I have been looking forward to reading The Battle for Realism and I finally decided to, at the least, start it the evening before my vacation since it deserves my attention. One of the ‘verticals” that I read in is Cold War history, one area in my graduate studies, this with Brian Loring Villa. As an aside, I have come to realize that this was an “academization” of earlier attraction / allure (Garcia again) to the fictional “spy” characters as portrayed in both novels and motion media that I shared with my older brothers and my father. Who knew that all those late nights trying to stay up to midnight to watch James Bond movies on television with my dad would play out like this? FYI – this was pre-videotape / NetFlix for those who don’t understand what I just wrote.
From the cover flap: The author proposes that realism in Europe during the early Cold War years occupied a radical vanguard position and stood in opposition to the competing claims made for American abstract expressionism. He examines two distinct visions of realism—social realism and Modernist realism—and explores their political implications and ideological significance.
One recent work that intersects diplomatic and art history that led me to Hyman is Mark Greif’s The Age of the Crises of Man. While Greif discusses literature and not visualization, it is the same space for me. Clement Greenberg’s work on abstract expressionism is of relevence as is the social realism of Continental artists. I finished Greif as I began work on Peggy Guggenheim so it is still fresh in my mind.
Working Philip Guston and Cy Twombly in here was difficult but very intellectually rewarding. Hint - it was in Rome, not Venice.

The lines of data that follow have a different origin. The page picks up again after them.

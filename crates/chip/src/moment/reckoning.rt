ghost use Rattle.std.specs.Prelude.{◌≡◌, ◌-◌, pos, Some};
ghost use Rattle.calendar.specs.Dates.{IsDate};
ghost use Rattle.chip.specs.Chip.{Reckoned, chip_meaning, second_at};
ghost use Rattle.chip.specs.Moment.{Within, chip_first, chip_last, days_to};
ghost use Rattle.clock.specs.Time.{passed};

use crate::moment::{FIRST, LAST, Moment};
use calendar::{date_of, day_of};
use refusal::Refusal;

// The date and time at a second of 2000 to 2099.
impl TryFrom<u32> for Moment {
    type Error = Refusal;

    ghost try_from_gives = { Reckoned };

    fn try_from(second: u32) -> Result<Moment, Refusal> {
        if second < FIRST || second > LAST {
            return Err(Refusal::TimeNotTaken);
        }
        let Ok((year, month, day)) = date_of((second / 86_400) as i32) else {
            unreachable()
        };
        Ok(Moment {
            year,
            month,
            day,
            hour: (second / 3_600 % 24) as u8,
            minute: (second / 60 % 60) as u8,
            second: (second % 60) as u8,
        })
    }
}

impl Moment {
    // The days from 1970 to this date.
    fn days(&self) -> u32
        ensures answer { result ≡ days_to self.now.year self.now.month self.now.day }
        ensures dated { IsDate (pos result) self.now.year self.now.month self.now.day }
        ensures within { Within 10957 result 47481 }
    {
        match day_of((self.year, self.month, self.day)) {
            Ok(days) => days as u32,
            Err(_) => unreachable(),
        }
    }

    // The second at this date and time.
    pub fn second(&self) -> u32
        ensures answer { result ≡ second_at self.now }
        ensures within { Within chip_first result chip_last }
    {
        let hours = self.days() * 24 + self.hour as u32;
        let minutes = hours * 60 + self.minute as u32;
        minutes * 60 + self.second as u32
    }

    // The date and time n seconds later, or none past 2099.
    pub fn later(&self, n: u32) -> Option<Moment>
        ensures answer { chip_meaning result ≡ passed (Some (second_at self.now), chip_last - second_at self.now) n }
    {
        Moment::try_from(self.second().checked_add(n)?).ok()
    }
}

Greif writes about Saul Bellow’s 1944 Dangling Man (Ibn Sina – floating man – knowledge by presence- al-insan al-muta’alliq) and Ralph Ellison’s 1952 Invisible Man as works of literature that exemplify this “crises” stemming from the awesome destructive nature of the bomb and the insignificance of man in the face of science. The bomb and Auschwitz showed us ourselves better than art could. But this was what art was supposed to do best?
So from what I gather, Hyman is writing about how realism manifested itself in British painting both by British artists such as Bacon, Freud and Coldstream but also artists in Britain and how both of these groups interacted with the streams of thought from outside within this Cold War rubric of bipolarity. This also includes how British artists retained their Britishness but under the umbrella of American preponderance of power. I am reminded here of the All Too Human exhibit that I saw at at the Tate in early 2018. More on this later, I *think* that the Slade school plays in here with Coldstream.
So without too much ado before I write the entire article – my larger argument is that art was now political not because of the power of art as propaganda as Greenberg and others portrayed it or how they saw how they could utilize it, seeing its power both in the New Deal but also for mass mobilization in Cold War Europe and by the Soviet Union, but it was a pragmatic turn – art could no longer hold itself to as a tool of truth and or beauty so its absorption into the particular mode of liberal capitalism promoted diplomatically by the US in Europe enabled its critical use as a diplomatic tool against the Soviet bloc. New Deal collectivism became the novus homo abstract expressionist auteur which later was visualized as cowboys in American and Italian film, samurais in Japan.
Science threatened that specific key element of the visual art storyline in the late 1940s just as photography threatened key elements of studio canvas paintings in the 19th century. Others modalities of visualization such as impressionism in the 19th century and abstraction were highlighted, leaving realism to the technology of the lens rather than the brush. Movies would later occupy much of this visual cultural space of propaganda, shifting the narratives of legitimacy for the brush elsewhere. I’ll stop here since it is already too disconnected and isn’t assembled properly.
At some point I will actually write this piece on Rauschenberg and Twombly in Rome and the Cold War but I will just leave this here to remind myself.